Overall then, the DSS represents a welcome way forward as the UK aims to deliver its ambitions to become a more muscular and active space player – even if it has taken four years to see the light of day in what is an extremely fast-moving sector. Crucially, it sets out the UK’s stall for industry and allies around the world to see and to identify opportunities to collaborate and co-operate and reaffirms Britain’s aim to become a ‘meaningful space actor’ and partner with friends and allies. Additionally, while the DSS has been floating in limbo, much work, such as Artemis, the RAF’s Carbonite 2 satellite demonstrator, has actually been going on in the background – explaining the aggressive timescales that will see ISTARI integrated with Five Eyes allies by 2025.
The Strategy addresses the UK’s high-level defence objectives and identifies the steps to be taken in order to understand how these high-level objectives are to be met, namely by defining the requirements and investigating the different options for implementation.

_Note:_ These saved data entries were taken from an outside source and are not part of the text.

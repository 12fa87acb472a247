// Hands in indexes and routing tables that no call makes, broken ones and ones that differ in unused places only, and buffers of several
// lengths, and prints each reply and what it leaves of the buffer.
#![tactic(auto)]

mod calls;

use calls::Setting;
use key_index::KeyIndex;
use routing_table::RoutingTable;
use std::io;

fn main(rt: HostRuntime) -> io::Result<()> {
    show_indexes(&rt)?;
    show_broken_indexes(&rt)?;
    show_counts(&rt)?;
    show_logs(&rt)?;
    show_ids(&rt)?;
    show_records(&rt)?;
    show_both(&rt)?;
    show_unused(&rt)?;
    show_rooms(&rt)?;
    show_refusals(&rt)
}

// A key by its selector and the last byte of a block number that is 90 in the byte before it.
fn key(selector: u8, low: u8) -> [u8; 9] {
    [selector, low, 90, 0, 0, 0, 0, 0, 0]
}

// An index of the tables' own id: two keys in front, and one byte in all other places.
fn index(cap: [u8; 32], fill: u8, count: usize, first: [u8; 9], second: [u8; 9]) -> KeyIndex {
    let mut keys = [fill; key_index::LIMIT * key_index::WIDTH];
    octets::put(&first, &mut keys, 0);
    octets::put(&second, &mut keys, 9);
    KeyIndex {
        node: [90u8; 32],
        cap,
        count,
        keys,
    }
}

// The index of two keys: the nearest there is, and the one that differs from it in one bit.
fn two() -> KeyIndex {
    index([255u8; 32], 0, 2, key(0, 90), key(0, 91))
}

// The distance of the first of them, and one less where `less` is 1.
fn reach(less: u8) -> [u8; 32] {
    let mut far = [90u8; 32];
    far[0] = 0;
    far[1] = 0;
    far[31] = 90 - less % 2;
    far
}

fn show_indexes(rt: &impl Print) -> io::Result<()> {
    let ones = [255u8; 32];
    let some = edge_tables::some();
    let near = key(0, 90);
    let far = key(0, 91);
    show(rt, "two keys", two(), some)?;
    show(
        rt,
        "two keys, other unused bytes",
        index(ones, 255, 2, near, far),
        some,
    )?;
    show(rt, "no keys", index(ones, 0, 0, near, far), some)?;
    show(
        rt,
        "no keys, other unused bytes",
        index(ones, 238, 0, near, far),
        some,
    )?;
    show(
        rt,
        "a key at the cap",
        index(reach(0), 0, 1, near, far),
        some,
    )
}

fn show_broken_indexes(rt: &impl Print) -> io::Result<()> {
    let ones = [255u8; 32];
    let some = edge_tables::some();
    let near = key(0, 90);
    let far = key(0, 91);
    show(
        rt,
        "a key over the cap",
        index(reach(1), 0, 1, near, far),
        some,
    )?;
    show(rt, "3001 keys", index(ones, 0, 3001, near, far), some)?;
    show(
        rt,
        "the largest count",
        index(ones, 0, usize::MAX, near, far),
        some,
    )?;
    show(
        rt,
        "a bad selector",
        index(ones, 0, 2, near, key(2, 91)),
        some,
    )?;
    show(
        rt,
        "the largest selector",
        index(ones, 0, 1, key(255, 90), far),
        some,
    )?;
    show(rt, "farthest first", index(ones, 0, 2, far, near), some)?;
    show(rt, "equal keys", index(ones, 0, 2, near, near), some)?;
    show(
        rt,
        "3000 keys, most of them equal",
        index(ones, 0, 3000, near, far),
        some,
    )
}

fn show_counts(rt: &impl Print) -> io::Result<()> {
    let all = edge_tables::most();
    show(rt, "no contacts", two(), edge_tables::none())?;
    show(rt, "128 entries and 16 replacements", two(), all)?;
    show(rt, "129 entries", two(), edge_tables::counted(all, 129, 16))?;
    show(
        rt,
        "the largest number of entries",
        two(),
        edge_tables::counted(all, usize::MAX, 16),
    )?;
    show(
        rt,
        "17 replacements",
        two(),
        edge_tables::counted(all, 128, 17),
    )?;
    show(
        rt,
        "the largest number of replacements",
        two(),
        edge_tables::counted(all, 128, usize::MAX),
    )
}

fn show_logs(rt: &impl Print) -> io::Result<()> {
    let fifteen = edge_tables::entries(edge_tables::none(), 1, 15);
    let full = edge_tables::entries(edge_tables::none(), 1, 16);
    show(rt, "16 entries of one log distance", two(), full)?;
    show(
        rt,
        "17 entries of one log distance",
        two(),
        edge_tables::entries(edge_tables::none(), 1, 17),
    )?;
    show(
        rt,
        "4 replacements of one log distance",
        two(),
        edge_tables::replacements(full, 1, 20),
    )?;
    show(
        rt,
        "5 replacements of one log distance",
        two(),
        edge_tables::replacements(full, 1, 21),
    )?;
    show(
        rt,
        "a replacement where there are 15 entries",
        two(),
        edge_tables::replacement(fifteen, 1, 16),
    )
}

fn show_ids(rt: &impl Print) -> io::Result<()> {
    let some = edge_tables::some();
    show(
        rt,
        "two entries whose ids differ in one bit",
        two(),
        edge_tables::entry(some, 4, 1, 3),
    )?;
    show(
        rt,
        "two entries with one id",
        two(),
        edge_tables::entry(some, 4, 0, 0),
    )?;
    show(
        rt,
        "two replacements with one id",
        two(),
        edge_tables::replacement(some, 2, 16),
    )?;
    show(
        rt,
        "an entry and a replacement with one id",
        two(),
        edge_tables::replacement(some, 2, 3),
    )?;
    show(
        rt,
        "our own id among the entries",
        two(),
        edge_tables::entry(some, 0, 0, 0),
    )?;
    show(
        rt,
        "our own id among the replacements",
        two(),
        edge_tables::replacement(some, 0, 0),
    )?;
    show(rt, "4 failures", two(), edge_tables::entry(some, 4, 1, 4))
}

fn show_records(rt: &impl Print) -> io::Result<()> {
    show_record(
        rt,
        "an entry with a record of 1 byte",
        "a replacement with a record of 1 byte",
        1,
    )?;
    show_record(
        rt,
        "an entry with a record of 300 bytes",
        "a replacement with a record of 300 bytes",
        300,
    )?;
    show_record(
        rt,
        "an entry with a record of no bytes",
        "a replacement with a record of no bytes",
        0,
    )?;
    show_record(
        rt,
        "an entry with a record of 301 bytes",
        "a replacement with a record of 301 bytes",
        301,
    )?;
    show_record(
        rt,
        "an entry with a record of the largest length",
        "a replacement with a record of the largest length",
        usize::MAX,
    )
}

// A table with an entry more, and one with a replacement more, whose record has so many bytes.
fn show_record(rt: &impl Print, entry: &str, replacement: &str, len: usize) -> io::Result<()> {
    let some = edge_tables::some();
    show(
        rt,
        entry,
        two(),
        edge_tables::entry_of(some, edge_tables::sized(4, 1, len), 0),
    )?;
    show(
        rt,
        replacement,
        two(),
        edge_tables::replacement_of(some, edge_tables::sized(2, 17, len)),
    )
}

fn show_both(rt: &impl Print) -> io::Result<()> {
    let ones = [255u8; 32];
    let some = edge_tables::some();
    show(
        rt,
        "3001 keys and 4 failures",
        index(ones, 0, 3001, key(0, 90), key(0, 91)),
        edge_tables::entry(some, 4, 1, 4),
    )?;
    show(
        rt,
        "an index of another node",
        KeyIndex::fresh([91u8; 32], ones),
        some,
    )
}

fn show_unused(rt: &impl Print) -> io::Result<()> {
    let some = edge_tables::some();
    show(
        rt,
        "unused: the ids of an entry and of a replacement",
        two(),
        edge_tables::unused(edge_tables::replacement(edge_tables::entry(some, 1, 0, 0), 1, 16)),
    )?;
    show(
        rt,
        "unused: our own id",
        two(),
        edge_tables::unused(edge_tables::replacement(edge_tables::entry(some, 0, 0, 0), 0, 0)),
    )?;
    show(
        rt,
        "unused: 255 failures",
        two(),
        edge_tables::unused(edge_tables::entry(some, 4, 1, 255)),
    )?;
    show(
        rt,
        "unused: records of no bytes",
        two(),
        edge_tables::unused(edge_tables::one_more(some, 0)),
    )?;
    show(
        rt,
        "unused: records of the largest length",
        two(),
        edge_tables::unused(edge_tables::one_more(some, usize::MAX)),
    )?;
    show(
        rt,
        "unused: other bytes behind a record",
        two(),
        edge_tables::other_bytes(some),
    )?;
    show(
        rt,
        "unused: 128 entries and 16 replacements",
        two(),
        edge_tables::counted(edge_tables::most(), 0, 0),
    )
}

// Buffers one byte short and just long enough for one message, for the first of two and for both.
fn show_rooms(rt: &impl Print) -> io::Result<()> {
    show_room(rt, "no bytes of room", 0)?;
    show_room(rt, "1 byte of room", 1)?;
    show_room(rt, "19 bytes of room", 19)?;
    show_room(rt, "20 bytes of room", 20)?;
    show_room(rt, "21 bytes of room", 21)?;
    show_room(rt, "108 bytes of room", 108)?;
    show_room(rt, "109 bytes of room", 109)?;
    show_room(rt, "110 bytes of room", 110)?;
    show_room(rt, "198 bytes of room", 198)?;
    show_room(rt, "199 bytes of room", 199)?;
    show_room(rt, "216 bytes of room", 216)?;
    show_room(rt, "217 bytes of room", 217)?;
    show_room(rt, "218 bytes of room", 218)
}

fn show_room(rt: &impl Print, name: &str, room: usize) -> io::Result<()> {
    let mut setting = calls::all_lent(two(), edge_tables::some());
    setting.room = room;
    show_replies(rt, name, &setting)
}

fn show(rt: &impl Print, name: &str, index: KeyIndex, table: RoutingTable) -> io::Result<()> {
    show_replies(rt, name, &calls::all_lent(index, table))
}

// Prints the replies to a FindNode, and to a FindContent for a key that is held and for one that is not.
fn show_replies(rt: &impl Print, name: &str, setting: &Setting) -> io::Result<()> {
    println!(rt; "{name}")?;
    calls::show(
        rt,
        "  nodes: ",
        setting,
        b"\x03\x04\x00\x00\x00\x0b\x00\x09\x0a",
    )?;
    calls::show(
        rt,
        "  held: ",
        setting,
        b"\x05\x04\x00\x00\x00\x00\x5a\x5a\x00\x00\x00\x00\x00\x00",
    )?;
    calls::show(
        rt,
        "  not held: ",
        setting,
        b"\x05\x04\x00\x00\x00\x01\x5a\x5a\x00\x00\x00\x00\x00\x00",
    )
}

fn show_refusals(rt: &impl Print) -> io::Result<()> {
    let long = [3u8; 1281];
    let mut many = [0u8; 262];
    many[0] = 3;
    many[1] = 4;
    show_refusal(rt, "no bytes: ", b"")?;
    show_refusal(rt, "1,281 bytes: ", &long)?;
    show_refusal(rt, "another type: ", b"\x04")?;
    show_refusal(rt, "an offset cut off: ", b"\x03\x04\x00\x00")?;
    show_refusal(rt, "257 distances: ", &many)?;
    show_refusal(rt, "a distance twice: ", b"\x03\x04\x00\x00\x00\x07\x07")?;
    show_refusal(rt, "a key of no bytes: ", b"\x05\x04\x00\x00\x00")?;
    show_refusal(
        rt,
        "a bad selector: ",
        b"\x05\x04\x00\x00\x00\x02\x5a\x5a\x00\x00\x00\x00\x00\x00",
    )?;
    show_unusable(rt)
}

fn show_refusal(rt: &impl Print, name: &str, message: &[u8]) -> io::Result<()> {
    let setting = calls::all_lent(two(), edge_tables::some());
    calls::show(rt, name, &setting, message)
}

// Nothing is lent.
fn show_unusable(rt: &impl Print) -> io::Result<()> {
    let mut setting = calls::all_lent(two(), edge_tables::some());
    setting.lent = false;
    show_replies(rt, "nothing lent", &setting)
}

The funding, while perhaps sufficient to allow studies and technology demonstrations, is unfortunately insufficient to cover the full implementation of the selected solutions and their subsequent operation.
Having finally been published, the DSS is now likely to take centre stage at the MoD’s Defence Space Conference in May where undoubtedly more information on technology, programmes, opportunities and the wider strategic environment of military space will be discussed.
* But not fully inconceivable. In 1921 a report by the RAeS into Cross-Channel aerial transport suggested air traffic control and wireless communication, as the number of passenger airliner flights between London and Paris increased.